私は大黒家の3代目で、調理専門学校の卒業後は、水戸のホテルや、小料理屋、居酒屋などで修行。料理や店の業務を覚え、30歳頃に大黒家に戻ってきました。その頃の店では仕出し弁当がメインでしたが、売り上げは低迷していました。
 
継承後、近くの斎場へ仕出ししていた同業他社の撤退を機会に、斎場と直接契約。葬儀のときにご用命いただいたお客様が、四十九日、一周忌、三回忌といった法要も大黒家でしてくれるという流れができました。そうして、少しずつ売り上げも回復していきました。










 

地元の優れた食材を活かし、名物メニューを開発
 
若い頃は「料理さえできていればなんとかなる」と考えていましたが、30歳半ばを過ぎ、次第に経営や販路拡大を考えるようになりました。

そんな折、同級生が地元で生産している「和之家豚」(わのかとん)という豚に出会いました。地元でとれた米を飼料に配合し、とろけるような脂身と赤身の味わいが特徴です。これを機に地元食材メニューを積極的に開発し、茨城町の料理コンテストに「和之家豚」唐揚げを出品し優勝。2010年には、「かぼちゃプリン」がご当地B級グルメに選ばれました。

攻めの経営を目指して、2011年には中小企業庁の経営サポート「経営革新支援」も申請しました。ところがその直後、東日本大震災で被災。プレハブ店舗で再スタートしましたが、法要ができなくなったため、売り上げは過去最低に落ちてしまいました。

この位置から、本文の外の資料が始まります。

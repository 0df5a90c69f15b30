//! The events of the acts that happened.
ghost use Rattle.std.specs.Prelude.{◌≡◌, ◌+◌, ◌<◌, ◌≤◌, ◌++◌, [], length, map, vec_capacity, vec_len};
ghost use Rattle.core_events.specs.Meant.{event_meant};
ghost use Rattle.crew_parts.specs.Acts.{meant};
ghost use Rattle.crew_parts.specs.Crews.{added, kept};

use core_events::Event;
use crew_parts::Act;
use std::alloc::Global;
use std::sync::Wait;

/// The events of the acts that happened, in their order. Where there is no memory for the list, it is tried again.
pub(crate) fn happened<R: Wait>(rt: &R, alloc: Global, acts: &[Act]) -> Vec<Event>
    ensures { map event_meant result.items ≡ kept acts.now }
{
    for _ in rt.forever() {
        if let Ok(room) = Vec::with_capacity(alloc, acts.len()) {
            return those_of(acts, room);
        }
    }
    unreachable!()
}

/// The events of the acts that happened, in their order, in a list that has room for them.
fn those_of(acts: &[Act], room: Vec<Event>) -> Vec<Event>
    requires { (room.items ≡ []) × (length acts.now ≤ vec_capacity room) }
    ensures { map event_meant result.items ≡ kept acts.now }
{
    let mut events = room;
    for act in acts {
        add(&mut events, *act);
    }
    events
}

/// The event of the act goes behind the others, where it happened.
fn add(events: &mut Vec<Event>, act: Act)
    requires { vec_len events.old < vec_capacity events.old }
    ensures added { map event_meant events.new.items ≡ map event_meant events.old.items ++ added act.done (meant act) }
    ensures more { vec_len events.new ≤ vec_len events.old + 1 }
    ensures room { vec_capacity events.new ≡ vec_capacity events.old }
{
    if act.done {
        events.push_reserved(act.event);
    }
}
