//! The host with several workers. They take the events of a core together, each where it finds some, until none is allowed; before
//! a log's Sync what waits there is appended to the log's device, and before a reply its line is printed. What they took is a run
//! of the machine, whatever ends them; why they ended is told by the logs, the output and the core that they left.
#![tactic(auto)]

mod drives;
mod happened;

pub use drives::{CrewEnd, drive_crew};
pub use gate_log::{FARTHEST_END, Log};
pub use run_effects::Stop;
pub use snap_hand::MOST_WORKERS;
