//! A core with its logs and its output, run by several workers.
ghost use Rattle.std.specs.Prelude.{◌≡◌, ◌+◌, ◌<◌, ◌≤◌, ◌^◌, List, [], None, Some, false, length, map};
ghost use Rattle.std.specs.List.{AllByRecursion};
ghost use Rattle.core_events.specs.Meant.{event_meant};
ghost use Rattle.crew_ends.specs.Ends.{AreBeside, AreDue};
ghost use Rattle.crew_ends.specs.Rooms.{IsRoomFor};
ghost use Rattle.crew_host.specs.Drives.{IsCrewStop};
ghost use Rattle.crew_host.specs.Stops.{IsStopBy};
ghost use Rattle.crew_parts.specs.Crews.{AreFirstShares, HasCome, OutputIs, kept};
ghost use Rattle.crew_parts.specs.Shares.{ShareState, output_seen};
ghost use Rattle.gate_log.specs.State.{is_log_shut};
ghost use Rattle.run_effects.specs.Driven.{AreDriven};
ghost use Rattle.snap_hand.specs.snap_work.declared.limits.TheConstants.{MOST_WORKERS};
ghost use Rattle.protocol.specs.Events as machine;
ghost use Rattle.run_effects.specs.declared.stops.Stop.TheVariants as stop;
ghost use Rattle.snap_core.specs.Cores.{IsAt};
ghost use Rattle.snap_hand.specs.Tables.{AreTables, fixed_of};

use crate::happened::happened;
use core_events::Event;
use crew_ends::{Beginning, Ended, Room, core_of, crews_drive, shares_of};
use crew_parts::{Share, acts_are_runs};
use crew_workers::{Ending, Fault, Hiring, fault_of, run_crew};
use gate_log::{FARTHEST_END, Log};
use run_effects::{Stop, appends_drive};
use snap_base::Memory;
use snap_core::Core;
use snap_hand::Tables;
use snap_outside::{Gate, LogDev, Sink};
use std::alloc::Global;
use std::sync::Wait;
use std::thread::Threads;

/// What a crew made of a core, its logs and its output: why it ended, and the events that it took, in the order of their numbers.
pub struct CrewEnd<D: LogDev, O: Sink> {
    /// The core, to which the events have come.
    pub core: Core,
    /// The logs, in the order of their numbers. A log whose device failed is shut.
    pub logs: Vec<Log<D>>,
    /// The output.
    pub out: O,
    /// Whether the output failed at the line of a reply.
    pub failed: bool,
    /// Why it ended: of several faults the least log's, and a log's before the output's.
    pub stop: Stop,
    /// The events that happened, in the order of their numbers.
    pub kept: Vec<Event>,
}

/// So many workers take the events of the core, each where it finds some, until none is allowed. Before a Sync the records that
/// wait are appended to the log's device as one group, and before a reply its line is printed; an event is kept once that is
/// done. Where the device of a log or the output fails, or there is no memory, the workers end. The core is a new one, and the
/// logs, as many as the text says and of format 2, take appends. Whether it returns is not promised.
pub fn drive_crew<
    R: Threads + Wait + Sync,
    D: LogDev + Drop + Send,
    O: Sink + Drop + Send,
    G: Gate + Sync,
>(
    rt: &R,
    alloc: Global,
    core: Core,
    logs: Vec<Log<D>>,
    out: O,
    gate: &G,
    workers: usize,
) -> CrewEnd<D, O>
    requires new { IsAt core [] }
    requires logs { length logs.items ≡ core.tables.work.logs }
    requires open { AllByRecursion (λ l. l.shut ≡ false) logs.items }
    requires format { AllByRecursion (λ l. l.format ≡ 2) logs.items }
    requires ends { AllByRecursion (λ l. l.end ≤ FARTHEST_END + 2 ^ 32) logs.items }
    requires workers { workers ≤ MOST_WORKERS }
    // The events are a run of the machine, to which the core has come.
    ensures core { IsAt result.core (map event_meant result.kept.items) }
    ensures tables { result.core.tables ≡ core.tables }
    ensures stop { IsCrewStop (fixed_of core.tables) (map event_meant result.kept.items) result.logs.items result.failed result.stop }
    // The logs got the groups of its Syncs, and each that is shut a front of one more.
    ensures logs { AreDriven (fixed_of core.tables) (map event_meant result.kept.items) (is_log_shut result.logs.items) logs.items result.logs.items }
    ensures due { AreDue (fixed_of core.tables) (map event_meant result.kept.items) result.logs.items }
    // The output got the lines of its replies, and where it failed a front of one more.
    ensures printed { OutputIs (fixed_of core.tables) (map event_meant result.kept.items)
        (Some (output_seen O.taken O.faults O.late false out)) (Some (output_seen O.taken O.faults O.late result.failed result.out)) }
{
    crews_drive();
    appends_drive();
    match shares_of(alloc, core, logs, out) {
        Ok(begun) => {
            let Beginning {
                tables,
                shares,
                room,
            } = begun;
            let ending = run_or_stay(rt, alloc, tables, shares, gate, workers);
            ended(rt, alloc, ending, room)
        }
        Err((core, logs, out, Memory)) => not_begun(alloc, core, logs, out),
    }
}

/// What a crew made of the shares; where there was no memory for one, nothing.
fn run_or_stay<
    R: Threads + Wait + Sync,
    D: LogDev + Drop + Send,
    O: Sink + Drop + Send,
    G: Gate + Sync,
>(
    rt: &R,
    alloc: Global,
    tables: Tables,
    shares: Vec<Share<D, O>>,
    gate: &G,
    workers: usize,
) -> Ending<D, O>
    requires tables { AreTables tables }
    requires begins { AreFirstShares (fixed_of tables) shares.items }
    requires workers { workers ≤ MOST_WORKERS }
    ensures tables { result.tables ≡ tables }
    ensures come { HasCome (fixed_of tables) shares.items (kept result.acts.items) result.shares.items }
{
    acts_are_runs(&tables);
    let hiring = Hiring {
        rt,
        alloc,
        gate,
        workers,
    };
    match run_crew(&hiring, tables, shares) {
        Ok(ending) => ending,
        Err((tables, shares, Memory)) => Ending {
            tables,
            shares,
            acts: Vec::new(alloc),
        },
    }
}

/// There was no memory for a beginning: nothing is done.
fn not_begun<D: LogDev, O: Sink>(
    alloc: Global,
    core: Core,
    logs: Vec<Log<D>>,
    out: O,
) -> CrewEnd<D, O>
    requires new { IsAt core [] }
    requires open { AllByRecursion (λ l. l.shut ≡ false) logs.items }
    ensures core { result.core ≡ core }
    ensures kept { result.kept.items ≡ [] }
    ensures logs { result.logs.items ≡ logs.items }
    ensures out { (result.out ≡ out) × (result.failed ≡ false) }
    ensures stop { result.stop ≡ stop.Memory }
{
    CrewEnd {
        core,
        logs,
        out,
        failed: false,
        stop: Stop::Memory,
        kept: Vec::new(alloc),
    }
}

/// What the shares become to which a crew has come, and why it ended.
fn ended<R: Wait, D: LogDev + Drop, O: Sink + Drop>(
    rt: &R,
    alloc: Global,
    ending: Ending<D, O>,
    room: Room<D>,
) -> CrewEnd<D, O>
    requires tables { AreTables ending.tables }
    requires come { (start : List ShareState) × (AreFirstShares (fixed_of ending.tables) start × HasCome (fixed_of ending.tables) start (kept ending.acts.items) ending.shares.items) }
    requires room { IsRoomFor (fixed_of ending.tables) room }
    ensures tables { result.core.tables ≡ ending.tables }
    ensures kept { map event_meant result.kept.items ≡ kept ending.acts.items }
    ensures core { IsAt result.core (kept ending.acts.items) }
    ensures beside { AreBeside result.logs.items (output_seen O.taken O.faults O.late result.failed result.out) ending.shares.items }
    ensures many { length result.logs.items ≡ ending.tables.work.logs }
    ensures stop { IsCrewStop (fixed_of ending.tables) (kept ending.acts.items) result.logs.items result.failed result.stop }
{
    let Ending {
        tables,
        shares,
        acts,
    } = ending;
    let kept = happened(rt, alloc, acts.as_slice());
    let fault = fault_of(shares.as_slice(), tables.work.logs);
    let Ended {
        core,
        logs,
        out,
        broken,
    } = core_of(tables, shares, room);
    let stop = stop_of(alloc, &core, fault);
    CrewEnd {
        core,
        logs,
        out,
        failed: broken,
        stop,
        kept,
    }
}

/// Why a crew ended that left this core, and where this failed.
fn stop_of(alloc: Global, core: &Core, fault: Option<Fault>) -> Stop
    ensures { (es : List machine.Event) → IsAt core.now es → IsStopBy (fixed_of core.now.tables) es fault result }
{
    match fault {
        Some(Fault::Log(l)) => Stop::LogFault(l),
        Some(Fault::Output) => Stop::OutFault,
        None => quiet_or_memory(alloc, core),
    }
}

/// Whether no event is allowed, where nothing failed. Else there was no memory, for a worker or for this.
fn quiet_or_memory(alloc: Global, core: &Core) -> Stop
    ensures { (es : List machine.Event) → IsAt core.now es → IsStopBy (fixed_of core.now.tables) es None result }
{
    match core.enabled(alloc) {
        Ok(list) if list.count() == 0 => Stop::Quiet,
        _ => Stop::Memory,
    }
}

そこでランチを始め、法要がなく暇になった土日には、地元のグルメイベントなどに参加するようにしました。震災をきっかけに以前にも増して意識的に地元の食材を使い始めたので、行政の方からもイベント出店のお声がけをいただくようになりました。

それがPRにつながり、1日10名程度だったランチ客も、平均して30名、多いときには80名も入るようになりました。現時点ではまだ事業継承の途中ですが、料理に関しては全て自分の判断に任されています。













 
 
経営理念の再確認で従業員にも変化が
 
未来塾には、水戸信用金庫の支店長さんから誘われて参加しました。過去の参加者リストには知った顔が並び、「自分も」と受講を決めました。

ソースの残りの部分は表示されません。